JOHANNESBURG, South Africa -- Almost a week after the African Union called for the International Criminal Court to delay its prosecution of Kenya President Uhuru Kenyatta,  the judicial body responded by excusing Kenyatta from having to be in court for the entire trial.

Kenyatta and his deputy, William Ruto, are charged with crimes against humanity related to violence after the disputed 2007 Kenya elections.

The court ruled that Kenyatta need be present only at key moments of the trial.

The AU said last Saturday that if the ICC failed to postpone Kenyatta's trial, he should refuse to attend. It also resolved that sitting leaders should have immunity from prosecution by the court, a vote that has no force but suggests that African leaders may refuse to cooperate with the court in the future.
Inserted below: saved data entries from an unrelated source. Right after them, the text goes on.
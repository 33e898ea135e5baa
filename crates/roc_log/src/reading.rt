//! The lines of a log behind its first.

ghost use Rattle.std.specs.Prelude.{◌≡◌, false, IfOk};
ghost use Rattle.std.specs.Option.{option_map};
ghost use Rattle.roc_sched.specs.Each.{each};
ghost use Rattle.roc_sched.specs.Numbers.{integer_of};
ghost use Rattle.roc_log.specs.declared.line.LogLine.TheVariants.{In, Out};
ghost use Rattle.roc_log.specs.Words.{id_of, id_of_parts};
ghost use Rattle.roc_log.specs.Reading.{or_word, one_datagram, submission_of, answer_of, tick_of, coordinator_line, line_of, further_line, ends};
ghost use Rattle.roc_log.specs.Inner.Given.{Gives, GivesAt, views, is_server, lines_read};

use crate::call::call_of;
use crate::datagram::one_datagram;
use crate::fault::{LineFault, LogFault, What};
use crate::line::LogLine;
use crate::parts::parts_of;
use roc_base::{Node, Nums, TxnId};
use roc_program::Workload;
use roc_sched::{integer_of, is_name, is_word, number_up_to};
use roc_sequence::Sequence;
use std::alloc::Global;

fn integers_of(alloc: Global, words: &[&[u8]]) -> Result<Nums, LineFault>
    ensures { Gives (λ numbers. numbers) result (or_word (each integer_of (views words.now))) }
{
    let mut numbers = Nums::new(alloc);
    for word in words {
        match integer_of(word) {
            Some(n) => numbers.push(n)?,
            None => return Err(LineFault::Is(What::Word)),
        }
    }
    Ok(numbers)
}

/// `NAME A1 A2 ..`
fn submission_of(alloc: Global, workload: &Workload, words: &[&[u8]]) -> Result<LogLine, LineFault>
    ensures { Gives (λ line. line) result (submission_of workload.now (views words.now)) }
{
    match words {
        [name, args @ ..] => {
            if !is_name(name) {
                return Err(LineFault::Is(What::Word));
            }
            match integers_of(alloc, args) {
                Ok(args) => match call_of(workload, name, args) {
                    Ok(line) => Ok(line),
                    Err(what) => Err(LineFault::Is(what)),
                },
                Err(fault) => Err(fault),
            }
        }
        _ => Err(LineFault::Is(What::Word)),
    }
}

/// `C` and `S`
fn id_of_parts(parts: &[&[u8]]) -> Option<TxnId>
    ensures { result ≡ id_of_parts (views parts.now) }
{
    match parts {
        [coord, seq] => {
            let coord = number_up_to(coord, 15)?;
            let seq = number_up_to(seq, u64::from(u32::MAX))?;
            Some(TxnId {
                coord: coord as u16,
                seq: seq as u32,
            })
        }
        _ => None,
    }
}

/// `C.S`
#[tactic(auto, unfolding(crate::specs::Words::id_of))]
fn id_of(alloc: Global, word: &[u8]) -> Result<TxnId, LineFault>
    ensures { Gives (λ id. id) result (or_word (id_of word.now)) }
{
    let parts = parts_of(alloc, word, b'.')?;
    match id_of_parts(&parts) {
        Some(id) => Ok(id),
        None => Err(LineFault::Is(What::Word)),
    }
}

/// `C.S V1 V2 ..`
fn answer_of(alloc: Global, words: &[&[u8]]) -> Result<LogLine, LineFault>
    ensures { Gives (λ line. line) result (or_word (answer_of (views words.now))) }
{
    match words {
        [id, values @ ..] => match id_of(alloc, id) {
            Ok(id) => match integers_of(alloc, values) {
                Ok(reply) => Ok(LogLine::Answer { id, reply }),
                Err(fault) => Err(fault),
            },
            Err(fault) => Err(fault),
        },
        _ => Err(LineFault::Is(What::Word)),
    }
}

/// A line that stands in a coordinator's log alone.
fn coordinator_line(
    alloc: Global,
    workload: &Workload,
    node: Node,
    word: &[u8],
    words: &[&[u8]],
) -> Result<(LogLine, bool), LineFault>
    ensures line { Gives (λ x. x.0) result (coordinator_line workload.now node word.now (views words.now)) }
    ensures ends { IfOk result (λ x. x.1 ≡ ends node x.0) }
{
    let Node::Coord(_) = node else {
        return Err(LineFault::Is(What::Word));
    };
    let read = if is_word(word, "submit") {
        submission_of(alloc, workload, words)
    } else if is_word(word, "answer") {
        answer_of(alloc, words)
    } else {
        Err(LineFault::Is(What::Word))
    };
    match read {
        Ok(line) => Ok((line, false)),
        Err(fault) => Err(fault),
    }
}

fn is_server(node: Node) -> bool
    ensures { result ≡ is_server node }
{
    match node {
        Node::Server(_) => true,
        Node::Coord(_) => false,
    }
}

/// A datagram that came.
fn in_line(
    alloc: Global,
    tag: &[u8; 8],
    node: Node,
    words: &[&[u8]],
) -> Result<(LogLine, bool), LineFault>
    ensures line { Gives (λ x. x.0) result (or_word (option_map In (one_datagram tag.now (views words.now)))) }
    ensures ends { IfOk result (λ x. x.1 ≡ ends node x.0) }
{
    match one_datagram(alloc, tag, words) {
        Ok((bytes, stop)) => Ok((LogLine::In(bytes), stop && is_server(node))),
        Err(fault) => Err(fault),
    }
}

/// A datagram that was sent.
fn out_line(
    alloc: Global,
    tag: &[u8; 8],
    node: Node,
    words: &[&[u8]],
) -> Result<(LogLine, bool), LineFault>
    ensures line { Gives (λ x. x.0) result (or_word (option_map Out (one_datagram tag.now (views words.now)))) }
    ensures ends { IfOk result (λ x. x.1 ≡ ends node x.0) }
{
    match one_datagram(alloc, tag, words) {
        Ok((bytes, _)) => Ok((LogLine::Out(bytes), false)),
        Err(fault) => Err(fault),
    }
}

fn tick_line(node: Node, words: &[&[u8]]) -> Result<(LogLine, bool), LineFault>
    ensures line { Gives (λ x. x.0) result (or_word (tick_of (views words.now))) }
    ensures ends { IfOk result (λ x. x.1 ≡ ends node x.0) }
{
    match words {
        [] => Ok((LogLine::Tick, false)),
        _ => Err(LineFault::Is(What::Word)),
    }
}

/// The line of these words, and whether nothing may stand behind it.
#[tactic(auto, unfolding(crate::specs::Reading::line_of))]
fn line_of(
    alloc: Global,
    workload: &Workload,
    tag: &[u8; 8],
    node: Node,
    words: &[&[u8]],
) -> Result<(LogLine, bool), LineFault>
    ensures line { Gives (λ x. x.0) result (line_of workload.now tag.now node (views words.now)) }
    ensures ends { IfOk result (λ x. x.1 ≡ ends node x.0) }
{
    match words.split_first() {
        Some((word, words)) => {
            if is_word(word, "in") {
                in_line(alloc, tag, node, words)
            } else if is_word(word, "tick") {
                tick_line(node, words)
            } else if is_word(word, "out") {
                out_line(alloc, tag, node, words)
            } else {
                coordinator_line(alloc, workload, node, word, words)
            }
        }
        None => Err(LineFault::Is(What::Word)),
    }
}

/// A line behind the first, and whether nothing may stand behind it.
fn further_line(
    alloc: Global,
    workload: &Workload,
    tag: &[u8; 8],
    node: Node,
    ended: bool,
    line: &[u8],
) -> Result<(LogLine, bool), LineFault>
    ensures line { Gives (λ x. x.0) result (further_line workload.now tag.now node ended line.now) }
    ensures ends { IfOk result (λ x. x.1 ≡ ends node x.0) }
{
    if ended {
        return Err(LineFault::Is(What::Word));
    }
    let words = parts_of(alloc, line, b' ')?;
    line_of(alloc, workload, tag, node, &words)
}

/// The lines behind the first, or their first fault.
pub(crate) fn further_lines(
    alloc: Global,
    workload: &Workload,
    tag: &[u8; 8],
    node: Node,
    lines: &[&[u8]],
) -> Result<Sequence<LogLine>, LogFault>
    ensures { GivesAt result (lines_read workload.now tag.now node false 2 (views lines.now)) }
{
    let mut read = Sequence::new(alloc);
    let mut ended = false;
    for (index, line) in lines.iter().enumerate() {
        match further_line(alloc, workload, tag, node, ended, line) {
            Ok((found, last)) => {
                read.push(found)?;
                ended = last;
            }
            Err(fault) => return Err(fault.at(index as u64 + 2)),
        }
    }
    Ok(read)
}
Kenyatta is due to stand trial next month. Ruto is on trial.

Kenyatta and his supporters argue that with Kenya facing the risk of serious terror attacks because of its military operation in Somalia, Kenyatta cannot afford to be out of the country.

AU pressure for Kenyatta's trial to be postponed is seen as a major setback for the ICC, which has been struggling to overcome perceptions among African leaders that it is biased against Africa. At the AU meeting last weekend, Kenyatta called the court a toy used by declining imperial powers to oust leaders from power.

All eight cases before the court involve Africans. Most, however, were referred to the court either by African governments, or the U.N. Security Council. Five were referred by African governments and two by the Security Council.

ICC President Sang-Hyun Song of Korea said Thursday the court has not targeted Africa and suggestions of anti-Africa bias were regrettable.

"We never chased any African country. We didn't do anything in this respect. They brought their own situation to us," he told AFP. "The ICC should not be blamed for what it did not do."

Song said Kenya failed to set up its own tribunal to investigate the post-election violence, leaving the ICC no option but to intervene.

"The Kenyan parliament voted down twice the idea that was recommended by the international community that they should introduce a special criminal tribunal of their own which will handle these particular tragedies," Song said.

"Since they voted down twice, there was no option but the ICC prosecutor's intervention," Song told AFP, adding that the ICC investigations had the blessing of Kenyan authorities at the time.

At last weekend's AU summit, calls for AU nations to leave the court did not win enough support to prevail. But according to a report by Think Africa Press, many major powers on the continent supported the move for AU countries to abandon the court. These included Ethiopia, Ghana, Kenya, Malawi, Nigeria, Rwanda, South Africa, Sudan, Tanzania, Uganda and Zimbabwe. Algeria, which is not a signatory of the Rome Statute which set up the court, also supported the move.

Among those who opposed to such action were Burkina Faso, Ivory Coast, Gambia, Mali, Senegal and Botswana.

Sudanese President Omar Al-Bashir has been indicted by the court for crimes against humanity but has refused to appear before it. An arrest warrant has been issued but African nations that he has visited have not acted on the warrant.

Bashir recently canceled plans to attend the U.N. General Assembly in New York. At the time of his announcement, the U.S. State Department had made no decision on his visa, but Washington has pressed for Bashir to face trial for genocide.